The protein environment surrounding tyrosyl radicals D′ and Z′ in photosystem II:: A difference Fourier-transform infrared spectroscopic study

Photosystem II contains two redox-active tyrosine residues, termed D and Z, which have different midpoint potentials and oxidation/reduction kinetics. To understand the functional properties of redox-active tyrosines, we report a difference Fourier-transform infrared (FT-IR) spectroscopic study of these species. Vibrational spectra associated with the oxidation of each tyrosine residue are acquired; electron paramagnetic resonance (EPR) and fluorescence experiments demonstrate that there is no detectable contribution of Q(A)(-) to these spectra. Vibrational lines are assigned to the radicals by isotopic labeling of tyrosine. Global N-15 labeling, H-2 exchange, and changes in pH identify differences in the reversible interactions of the two redox-active tyrosines with N-containing, titratable amino acid side chains in their environments. To identify the amino acid residue that contributes to the spectrum of D, mutations at His(189) in the D2 polypeptide were examined.

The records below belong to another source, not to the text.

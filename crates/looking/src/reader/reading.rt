//! What a reader of a book may ask; whatever is given, there is an answer or a refusal.
ghost use Rattle.std.specs.Prelude.{◌≡◌, ◌+◌, ◌≤◌, true, ◌&&◌, [], ◌∷◌, map, length, nat_le, nat_lt, slice_index, slice_index_or};
ghost use Rattle.tables.specs.Holding.{fields_at, model_of, plan_count, view_in};
ghost use Rattle.looking.specs.Looking.{Looked, entry_count, field_in};
ghost use Rattle.tables.specs.Reading.{ReadsAs};
ghost use Rattle.plan.specs.Calls.{below};
ghost use Rattle.plan.specs.Fields.{every};
ghost use Rattle.plan.specs.Functions.{function_at};
ghost use Rattle.plan.specs.Model.{expr_in};
ghost use Rattle.plan.specs.declared.fault.Question.TheVariants.{Bounded, Present};
ghost use Rattle.table.specs.Contents.{part};
ghost use Rattle.terms.specs.Build.{numbers_in};
ghost use Rattle.lexicon.specs.Declarations.{function_in};
ghost use Rattle.entries.specs.Spans.{stored_field, stored_in};
ghost use Rattle.names.specs.Spans.{span_in, word};
ghost use Rattle.terms.specs.Views.{tree_for};

use super::Reader;
use entries::node::{Entry, ExprId, ExprNode, PlanId, Span, StoredField};
use lexicon::declaration::Declaration;
use plan::fault::{Fault, Question, ask};
use stored::node::{PlanRecord, Run};
use terms::terms::Terms;

impl<'a> Reader<'a> {
    /// How many nodes there are.
    pub fn len(self) -> usize
        ensures value { result ≡ plan_count self.entry.tables.now }
        ensures bound { result ≤ 128 }
    {
        self.tables.len()
    }

    /// Whether a node stands in the book.
    pub fn has(self, p: PlanId) -> bool
        ensures { result ≡ below (plan_count self.entry.tables.now) p.0 }
    {
        self.tables.has(p)
    }

    /// How many expressions there are.
    pub fn expr_count(self) -> usize
        ensures { result ≡ length (model_of self.entry.tables.now).exprs }
    {
        self.tables.expr_count()
    }

    /// The expressions, with the functions and the text.
    pub fn terms(self) -> &'a Terms
        ensures { result.now ≡ self.entry.tables.now.terms }
    {
        self.tables.terms()
    }

    /// A node: its kind, inputs and lists, the run of its fields, its size and its origin.
    pub fn plan(self, p: PlanId) -> Result<PlanRecord, Fault>
        ensures { Looked ((Present, below (plan_count self.entry.tables.now) p.0) ∷ []) (ReadsAs self.entry.tables.now p.0) result }
    {
        ask(self.tables.has(p), Question::Present)?;
        Ok(self.tables.record_of(p))
    }

    /// An expression: what it is and its parts.
    pub fn expr(self, e: ExprId) -> Result<ExprNode, Fault>
        ensures { Looked ((Present, below (length (model_of self.entry.tables.now).exprs) e.0) ∷ []) (λ n. expr_in (model_of self.entry.tables.now).exprs e.0 ≡ tree_for self.entry.tables.now.terms n) result }
    {
        ask(self.tables.terms().has(e), Question::Present)?;
        Ok(self.tables.terms().node(e))
    }

    /// The field at a place of a node.
    pub fn field(self, p: PlanId, i: u32) -> Result<StoredField, Fault>
        ensures { Looked ((Present, below (plan_count self.entry.tables.now) p.0) ∷ (Bounded, nat_lt i (length (fields_at self.entry.tables.now p.0))) ∷ []) (λ f. stored_field (view_in self.entry.tables.now).bytes f ≡ field_in self.entry.tables.now p.0 i) result }
    {
        ask(self.tables.has(p), Question::Present)?;
        self.tables
            .fields_of(p)
            .get(i as usize)
            .copied()
            .ok_or(Question::Bounded.refusal())
    }

    /// The declaration of a number, if there is one.
    pub fn function(self, number: u8) -> Option<Declaration>
        ensures { function_in (model_of self.entry.tables.now).text result ≡ function_at (model_of self.entry.tables.now).functions number }
    {
        self.tables.terms().function(number)
    }

    fn has_span(self, span: Span) -> bool
        ensures { result ≡ span_in (model_of self.entry.tables.now).text span }
    {
        (span.start as usize) + (span.len as usize) <= self.tables.terms().bytes().len()
    }

    /// The part of the text that a span names.
    pub fn word(self, span: Span) -> Result<&'a [u8], Fault>
        ensures { Looked ((Bounded, span_in (model_of self.entry.tables.now).text span) ∷ []) (λ w. w.now ≡ word (model_of self.entry.tables.now).text span) result }
    {
        ask(self.has_span(span), Question::Bounded)?;
        Ok(self.tables.terms().word(span))
    }

    fn has_run(self, run: Run, i: u32) -> bool
        ensures { result ≡ (nat_le (run.first + run.count) (entry_count self.entry.tables.now) && nat_lt i run.count) }
    {
        // Counted back from the room: a call for the number of entries would stand beside `list_room` for this one use.
        let len = 2048 - self.tables.terms().list_room();
        (run.first as usize) + (run.count as usize) <= len && i < run.count
    }

    /// The expression, or the node, at a place of a list.
    pub fn listed(self, run: Run, i: u32) -> Result<ExprId, Fault>
        ensures { Looked ((Bounded, nat_le (run.first + run.count) (entry_count self.entry.tables.now) && nat_lt i run.count) ∷ []) (λ e. e.0 ≡ slice_index (numbers_in (view_in self.entry.tables.now).entries run.first run.count) i) result }
    {
        ask(self.has_run(run, i), Question::Bounded)?;
        Ok(self.tables.terms().listed(run, i))
    }

    /// The entry at a place of a list: an expression, a Sort key with its direction, or a node.
    pub fn entry(self, run: Run, i: u32) -> Result<Entry, Fault>
        ensures { Looked ((Bounded, nat_le (run.first + run.count) (entry_count self.entry.tables.now) && nat_lt i run.count) ∷ []) (λ e. (d : Entry) → e ≡ slice_index_or (part (view_in self.entry.tables.now).entries run.first run.count) i d) result }
    {
        ask(self.has_run(run, i), Question::Bounded)?;
        Ok(self.tables.terms().entry(run, i))
    }

    /// The fields of a node.
    pub fn node_fields(self, p: PlanId) -> Result<&'a [StoredField], Fault>
        ensures { Looked ((Present, below (plan_count self.entry.tables.now) p.0) ∷ []) (λ fs. (map (stored_field (view_in self.entry.tables.now).bytes) fs.now ≡ fields_at self.entry.tables.now p.0) × (every (stored_in (view_in self.entry.tables.now).bytes) fs.now ≡ true)) result }
    {
        ask(self.tables.has(p), Question::Present)?;
        Ok(self.tables.fields_of(p))
    }
}
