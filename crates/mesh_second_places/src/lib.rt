#![tactic(auto)]

// Where the walk of a mesh's dual by marks stands, in the lent work area, and what it does at the second place of a face. Every face has three places: the one
// that it is entered by, which is also the last, its first and its second. It knows how a second place is left, and not how one is come to.
ghost use Rattle.std.specs.Prelude.{◌≡◌, ◌*◌, ◌≤◌, ◌<◌, length};
ghost use Rattle.model.specs.Traversal.{up};
ghost use Rattle.mesh_second_places.specs.Areas.{edge_area};
ghost use Rattle.mesh_second_places.specs.Walks.{AtSecond, Ending, Telling, Stepped};

use trace_steps::{FIRST, SEEN};

// Stacks in the work area, in units of the number of darts: edges outside the tree that wait for their end, by number; and of each face whose second place is
// still to come, that place, the face's number, and that of the edge it was entered by.
pub const WAITING: usize = 1;

pub const HALVES: usize = 2;

pub const OWNERS: usize = 3;

pub const ENTRIES: usize = 4;

// Where the walk stands: the root, the dart that comes next, how many edges have begun and faces are seen, how many edges outside the tree wait for their
// end, and how many second places are still to come.
#[derive(Clone, Copy)]
pub struct Stroll {
    pub root: usize,
    pub dart: usize,
    pub edges: usize,
    pub faces: usize,
    pub waiting: usize,
    pub halves: usize,
}

// What comes next: the walk goes down at the dart; or up from the face. Where the plan is no mesh, nothing does.
#[derive(Clone, Copy)]
pub enum Turn {
    Down(Stroll),
    Up(Stroll),
}

// Dart d begins edge e outside the tree.
#[tactic(auto, unfolding(crate::specs::Areas::edge_area))]
pub fn put_edge(w: &mut [u16], n: usize, d: usize, e: usize, waiting: usize)
    requires { (n ≤ 8192) × (16 * n ≤ length w.old) × (d < n) × (e < n) × (waiting < n) }
    ensures { w.new ≡ edge_area n d e waiting w.old }
{
    w[d] = FIRST + e as u16;
    w[WAITING * n + waiting] = e as u16;
}

// The second place of face f, which comes next, goes down, or begins an edge outside the tree; the face has type a or b then.
pub fn second_place(
    order: &[u16],
    w: &mut [u16],
    f: usize,
    a: u16,
    b: u16,
    s: Stroll,
) -> Option<Turn>
    requires { Telling order.now w.old f a b s }
    ensures { Stepped order.now s.root s.edges s.halves w.old result w.new }
{
    let n = order.len();
    match w[dart_steps::other(s.dart)] {
        0 => {
            w[work::TYPES * n + (f - 1)] = a;
            Some(Turn::Down(s))
        }
        SEEN.. => {
            put_edge(w, n, s.dart, s.edges, s.waiting);
            w[work::TYPES * n + (f - 1)] = b;
            Some(Turn::Up(Stroll {
                edges: s.edges + 1,
                waiting: s.waiting + 1,
                ..s
            }))
        }
        _ => None,
    }
}

// At the second place of face f, which edge e entered, the last edge that waits must end, and the one before it have begun after e.
pub fn end_edge(order: &[u16], w: &mut [u16], f: usize, e: u16, s: Stroll) -> Option<Turn>
    requires { AtSecond order.now w.old up f e s × Ending w.old s.dart }
    ensures { Stepped order.now s.root s.edges s.halves w.old result w.new }
{
    let few = s.waiting < 2;
    if few {
        return None;
    }
    let n = order.len();
    let mark = w[dart_steps::other(s.dart)];
    let last = w[WAITING * n + (s.waiting - 1)];
    let before = w[WAITING * n + (s.waiting - 2)];
    if mark != FIRST + last || before < e {
        return None;
    }
    w[work::TYPES * n + (f - 1)] = 2;
    Some(Turn::Up(Stroll {
        waiting: s.waiting - 1,
        ..s
    }))
}
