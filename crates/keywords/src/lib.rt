// Keyword lists: the token table, and the test of one character by it or by the list. The given
// hjkl-buffer/motion.rs; document 01, "Keyword lists". Names are the Rust's.

#![tactic(auto)]

mod flat;
mod keyword_spec;

pub use flat::{bounds_of, holds, in_bounds, letters_of};
pub use keyword_spec::is_keyword_char;
pub use list_tokens::{EMPTY, Token};

// The table of a list's tokens: the first `len` places, and after them EMPTY.
#[derive(Clone, Copy)]
pub struct KeywordSpec {
    pub tokens: [Token; 128],
    pub len: usize,
}

// What a list is parsed into: refusal 0 and its table, or the refusal's number and the empty table.
#[derive(Drop)]
pub struct Parsed {
    pub refusal: u32,
    pub spec: KeywordSpec,
}

// Whether a character is a keyword character, or the refusal's number.
#[derive(Clone, Copy)]
pub enum Matched {
    Is(bool),
    Refused(u32),
}
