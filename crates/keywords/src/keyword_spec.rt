// The token table, and the test of one character by it or by the list. The given `KeywordSpec` and
// `is_keyword_char`.
ghost use Rattle.std.specs.Prelude.{◌≡◌, [], ◌≤◌};
ghost use Rattle.list_tokens.specs.Tokens.{any_token, in_list};
ghost use Rattle.keywords.specs.Table.{table, kept, refused_by, read_all, parse_of};
ghost use Rattle.keywords.specs.Table.{matches_of, keyword_char};

use crate::{KeywordSpec, Matched, Parsed};

impl KeywordSpec {
    // The table of no tokens.
    pub fn new() -> KeywordSpec
        ensures { result ≡ table [] }
    {
        KeywordSpec {
            tokens: [list_tokens::EMPTY; 128],
            len: 0,
        }
    }

    // The table of a list; refuses 7, then 8.
    pub fn parse(list: &[u32]) -> Parsed
        ensures { result ≡ parse_of list.now }
    {
        let n = list_parts::refused_list(list);
        if n != 0 {
            return refused(n);
        }
        read_all(list)
    }

    // Whether one of the table's tokens holds c.
    fn any_holds(self, c: u32) -> bool
        requires { self.len ≤ 128 }
        ensures { result ≡ any_token (kept self) c }
    {
        let letter = letters::is_letter(c);
        for t in &self.tokens[..self.len] {
            if t.holds(letter, c) {
                return true;
            }
        }
        false
    }

    // Whether c is a keyword character by the table; refuses 2, then 8.
    pub fn matches(self, c: u32) -> Matched
        ensures { result ≡ matches_of self c }
    {
        let n = list_parts::refused_char(c);
        if n != 0 {
            return Matched::Refused(n);
        }
        if 128 < self.len {
            return Matched::Refused(8);
        }
        Matched::Is(self.any_holds(c))
    }
}

// A refusal, with the empty table in the table's place.
fn refused(n: u32) -> Parsed
    ensures { result ≡ refused_by n }
{
    let spec = KeywordSpec::new();
    Parsed { refusal: n, spec }
}

// The table of an accepted list; refuses 8.
fn read_all(list: &[u32]) -> Parsed
    ensures { result ≡ read_all list.now }
{
    let mut spec = KeywordSpec::new();
    let mut from: usize = 0;
    // A `while`: it goes on by a part and its comma.
    while from <= list.len() {
        let step = list_tokens::read_part(list, from);
        let t = step.token;
        if t.kind == 0 {
            from = step.next;
        } else {
            if spec.len == 128 {
                return refused(8);
            }
            let n = spec.len;
            spec.tokens[n] = t;
            spec.len = n + 1;
            from = step.next;
        }
    }
    Parsed { refusal: 0, spec }
}

// Whether a token of the list holds c, without a table.
fn list_holds(list: &[u32], c: u32) -> bool
    ensures { result ≡ in_list list.now c }
{
    let letter = letters::is_letter(c);
    let mut from: usize = 0;
    // A `while`: it goes on by a part and its comma.
    while from <= list.len() {
        let step = list_tokens::read_part(list, from);
        let t = step.token;
        if t.holds(letter, c) {
            return true;
        }
        from = step.next;
    }
    false
}

// Whether c is a keyword character by the list, which is read directly; refuses 2, then 7.
pub fn is_keyword_char(c: u32, list: &[u32]) -> Matched
    ensures { result ≡ keyword_char c list.now }
{
    let n = list_parts::refused_char(c);
    if n != 0 {
        return Matched::Refused(n);
    }
    let m = list_parts::refused_list(list);
    if m != 0 {
        return Matched::Refused(m);
    }
    Matched::Is(list_holds(list, c))
}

Mutations at this site result in substantial changes in the spectrum of tyrosine D, Previously, mutations at the analogous histidine, His(190) in the D1 polypeptide, were shown to have no significant effect on the FT-IR spectrum of tyrosine Z (Bernard, M. T., et at. 1995. J. Biol. Chem. 270:1589-1594). A disparity in the number of accessible, proton-accepting groups could influence electron transfer rates and energetics and account for functional differences between the two redox-active tyrosines.